Joe Biden, too, represents aspects of these post-9/11 failures. He supported the Iraq War, and he was a supporter of opening up China to trade, though the story there is complicated.
Trump is using these facts to continue casting Biden as a member of that failed, corrupt, militaristic, globalist post-9/11 elite, and himself as their scourge. When military officials leaked that Trump called our war dead “losers,” he positioned himself as an opponent of the military-industrial complex’s war lust.
But Trump cannot credibly tell this story. His trade wars with China are a disaster.
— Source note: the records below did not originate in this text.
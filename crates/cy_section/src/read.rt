// Reads the sections of a few numbers and texts: the header, a chunk's header, a channel.
ghost use Rattle.std.specs.Prelude.{◌≡◌, ◌+◌, ◌%◌, ◌<◌, ◌^◌, length, unwrap_or};
ghost use Rattle.std.specs.Prelude.{IfOk, IsOkUnless, []};
ghost use Rattle.cy_msg.specs.Answer.{Answers, AnswersOr};
ghost use Rattle.cy_wire.specs.Field.{fields_of, seen};
ghost use Rattle.cy_wire.specs.Message.{seen_span, span_in};
ghost use Rattle.cy_section.specs.Reading.{ReadsNumbers, KeepsNumber, text_of};
ghost use Rattle.cy_section.specs.Reading.{header_at, chunk_header_at, channel_at};
ghost use Rattle.cy_section.specs.Reading.{channel_of, channel_in};
ghost use Rattle.cy_section.specs.Reading.{made_of};
ghost use Rattle.cy_section.specs.private.Channels.{seen_channel};

use crate::{Channel, ChunkHeader, Header, SectionError};
use cy_msg::{Bytes, Text};
use cy_wire::{Field, Reader, Span};
use std::alloc::Global;

/// One more than the greatest field number that a message of numbers may have.
const NUMBERS: usize = 32;

// Keeps the number of a field, which is the last one so far with its field number.
fn keep_number(numbers: &mut [u64; NUMBERS], field: &Field<'_>)
    ensures { KeepsNumber numbers.old numbers.new (seen field.now) }
{
    let Some(value) = field.varint(field.number) else {
        return;
    };
    let number = field.number as usize;
    if number < NUMBERS {
        numbers[number] = value;
    }
}

// The last number of each field below 32, by the field's number: 0 where there is none.
pub(crate) fn numbers_of(body: &[u8], at: u64) -> Result<[u64; NUMBERS], SectionError>
    requires { at + length body.now < 2 ^ 64 }
    ensures { ReadsNumbers result (fields_of at body.now) }
{
    let mut reader = Reader::new(body, at);
    let mut numbers = [0; NUMBERS];
    while let Some(field) = reader.next_field()? {
        keep_number(&mut numbers, &field);
    }
    Ok(numbers)
}

// The low 32 bits of a number.
pub(crate) fn low_32(number: u64) -> u32
    ensures { result ≡ number % 2 ^ 32 }
{
    (number % (1 << 32)) as u32
}

/// The header whose body stands at a place of the file. It takes no memory.
#[tactic(auto, unfolding(crate::specs::Reading::header_at))]
pub fn read_header(body: &[u8], at: u64) -> Result<Header, SectionError>
    requires { at + length body.now < 2 ^ 64 }
    ensures { result ≡ header_at at body.now }
{
    let numbers = numbers_of(body, at)?;
    Ok(Header {
        major_version: low_32(numbers[1]),
        minor_version: low_32(numbers[2]),
        compress: low_32(numbers[3]),
        chunk_interval: numbers[4],
        segment_interval: numbers[5],
        index_position: numbers[6],
        chunk_number: numbers[7],
        channel_number: numbers[8],
        begin_time: numbers[9],
        end_time: numbers[10],
        message_number: numbers[11],
        size: numbers[12],
        is_complete: numbers[13] != 0,
        chunk_raw_size: numbers[14],
        segment_raw_size: numbers[15],
    })
}

/// The header of a chunk whose body stands at a place of the file. It takes no memory.
#[tactic(auto, unfolding(crate::specs::Reading::chunk_header_at))]
pub fn read_chunk_header(body: &[u8], at: u64) -> Result<ChunkHeader, SectionError>
    requires { at + length body.now < 2 ^ 64 }
    ensures { result ≡ chunk_header_at at body.now }
{
    let numbers = numbers_of(body, at)?;
    Ok(ChunkHeader {
        begin_time: numbers[1],
        end_time: numbers[2],
        message_number: numbers[3],
        raw_size: numbers[4],
    })
}

// The text of some bytes.
#[tactic(auto, unfolding(crate::specs::Reading::text_of), using(crate::proofs::Texts::texts))]
pub(crate) fn text_of<'a>(span: Span<'a>) -> Result<&'a str, SectionError>
    ensures { Answers (λ text. text.now) result (text_of (seen_span span.entry)) }
{
    match std::str::from_utf8(span.bytes) {
        Ok(text) => Ok(text),
        Err(_) => Err(SectionError::NameNotText { at: span.start }),
    }
}

// The texts of a channel, where they stand.
#[derive(Clone, Copy)]
pub(crate) struct ChannelView<'a> {
    pub name: &'a str,
    pub message_type: &'a str,
    pub proto_desc: &'a [u8],
}

// The bytes that a missing field stands for.
pub(crate) fn no_bytes<'a>() -> Span<'a>
    ensures { seen_span result ≡ record { start = 0; bytes = [] } }
{
    Span {
        start: 0,
        bytes: &[],
    }
}

// The channel of these texts and bytes.
fn view_of<'a>(
    name: Span<'a>,
    message_type: Span<'a>,
    proto_desc: Span<'a>,
) -> Result<ChannelView<'a>, SectionError>
    ensures { Answers seen_channel result (channel_of (seen_span name.entry)
        (seen_span message_type.entry) (seen_span proto_desc.entry)) }
{
    let name = text_of(name)?;
    let message_type = text_of(message_type)?;
    Ok(ChannelView {
        name,
        message_type,
        proto_desc: proto_desc.bytes,
    })
}

// The bytes of a field, where it has this number, in place of those before it.
fn newer<'a>(field: &Field<'a>, number: u32, before: Span<'a>) -> Span<'a>
    ensures { seen_span result
        ≡ unwrap_or (span_in number (seen field.now)) (seen_span before.entry) }
{
    match field.span(number) {
        Some(span) => span,
        None => before,
    }
}

// The fields of a channel, of each the last one that was read so far.
#[derive(Clone, Copy)]
struct Parts<'a> {
    name: Span<'a>,
    message_type: Span<'a>,
    proto_desc: Span<'a>,
}

// The channel in some bytes, whose fields begin with a number.
#[tactic(auto, unfolding(crate::specs::Reading::channel_in))]
pub(crate) fn channel_of<'a>(message: Span<'a>, first: u32) -> Result<ChannelView<'a>, SectionError>
    requires { first < 100 }
    ensures { Answers seen_channel result (made_of (channel_in first)
        (fields_of message.entry.start message.entry.bytes.now)) }
{
    let mut fields = Reader::new(message.bytes, message.start);
    let mut parts = Parts {
        name: no_bytes(),
        message_type: no_bytes(),
        proto_desc: no_bytes(),
    };
    while let Some(field) = fields.next_field()? {
        parts = Parts {
            name: newer(&field, first, parts.name),
            message_type: newer(&field, first + 1, parts.message_type),
            proto_desc: newer(&field, first + 2, parts.proto_desc),
        };
    }
    view_of(parts.name, parts.message_type, parts.proto_desc)
}

// A copy of a text, and of bytes.
pub(crate) fn text_copy(alloc: Global, text: &str) -> Result<Text, SectionError>
    ensures copy { IfOk result (λ t. t ≡ text.now) }
    ensures only_memory { IsOkUnless result SectionError.Memory }
{
    Ok(Text::from_string(String::from_str(alloc, text)?))
}

pub(crate) fn bytes_copy(alloc: Global, bytes: &[u8]) -> Result<Bytes, SectionError>
    ensures copy { IfOk result (λ t. t ≡ bytes.now) }
    ensures only_memory { IsOkUnless result SectionError.Memory }
{
    Ok(Bytes::from_vec(bytes.to_vec(alloc)?))
}

// A channel in memory of its own.
pub(crate) fn owned(alloc: Global, channel: &ChannelView<'_>) -> Result<Channel, SectionError>
    ensures copy { IfOk result (λ c. c ≡ seen_channel channel.now) }
    ensures only_memory { IsOkUnless result SectionError.Memory }
{
    Ok(Channel {
        name: text_copy(alloc, channel.name)?,
        message_type: text_copy(alloc, channel.message_type)?,
        proto_desc: bytes_copy(alloc, channel.proto_desc)?,
    })
}

/// The channel whose body stands at a place of the file, in memory of its own.
#[tactic(auto, unfolding(crate::specs::Reading::channel_at))]
pub fn read_channel(alloc: Global, body: &[u8], at: u64) -> Result<Channel, SectionError>
    requires { at + length body.now < 2 ^ 64 }
    ensures { AnswersOr SectionError.Memory (λ c. c) result (channel_at at body.now) }
{
    let span = Span {
        start: at,
        bytes: body,
    };
    let channel = channel_of(span, 1)?;
    owned(alloc, &channel)
}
He spent weeks covering for China’s coronavirus failures to sustain the lie that he had it mastered here. Biden, not Trump, is proposing concrete policies for rebuilding U.S. manufacturing.
Biden’s balance on China — build international coalitions to confront unfair trade practices while seeking cooperation on climate change and global pandemics — will prove far better. As a terrific New York Times piece chronicled, his approach is rooted in learning from his long and complex series of interactions with China, which included much good and bad. Trump cannot learn.
What’s more, Trump did not actually oppose the Iraq War. And the Trumpist vow to undo our post-9/11 militaristic excesses has always been mostly nonsense — he regularly boasts of building up the military and even talks about maximal weapons sales abroad as good business for the United States, which it has long been.
And while Biden’s brand of hawkish liberal internationalism badly needs a rethink, we are now seeing Trump’s own supposed hostility to hyper-militarization morph into hideous domestic abuses of the national security state right before our eyes.
Above all, Trump is responsible for the most catastrophic elite policy failure of the modern era.
When we learned Trump privately knew the airborne coronavirus threat was far deadlier than he publicly allowed — and that he admitted to publicly downplaying it — it exposed his disastrous mishandling of the pandemic in a new way.
When this is understood as exactly the sort of massive elite policy disaster — buttressed by extraordinary willful deception and deeply depraved unconcern for the lives of untold Americans — that the Trump mythos created as his foil, that mythos implodes further.
As the nearly 200,000 deaths help illustrate, Trump and his cronies have turned out to be a stupider, more corrupt, more incompetent, more dishonest and more depraved elite than even the caricature version of pre-Trump elites he created as a foil to gain power. Trump has carried forward the very worst of our post-9/11 pathologies.
Much of this will be taboo for our politicians on 9/11’s anniversary. But it shouldn’t be for the rest of us.
America’s 9/11 response was very, very bad and the ramifications of that failure will be felt for many decades. But Trump’s original and unique exploitation of that should be a wake-up call that the dynamics we all thought governed our country could be turned inside out.
It’s important to stay flexible of mind in times like these. It’s very, very easy for things to go sideways if you insist on continuously fighting the last war.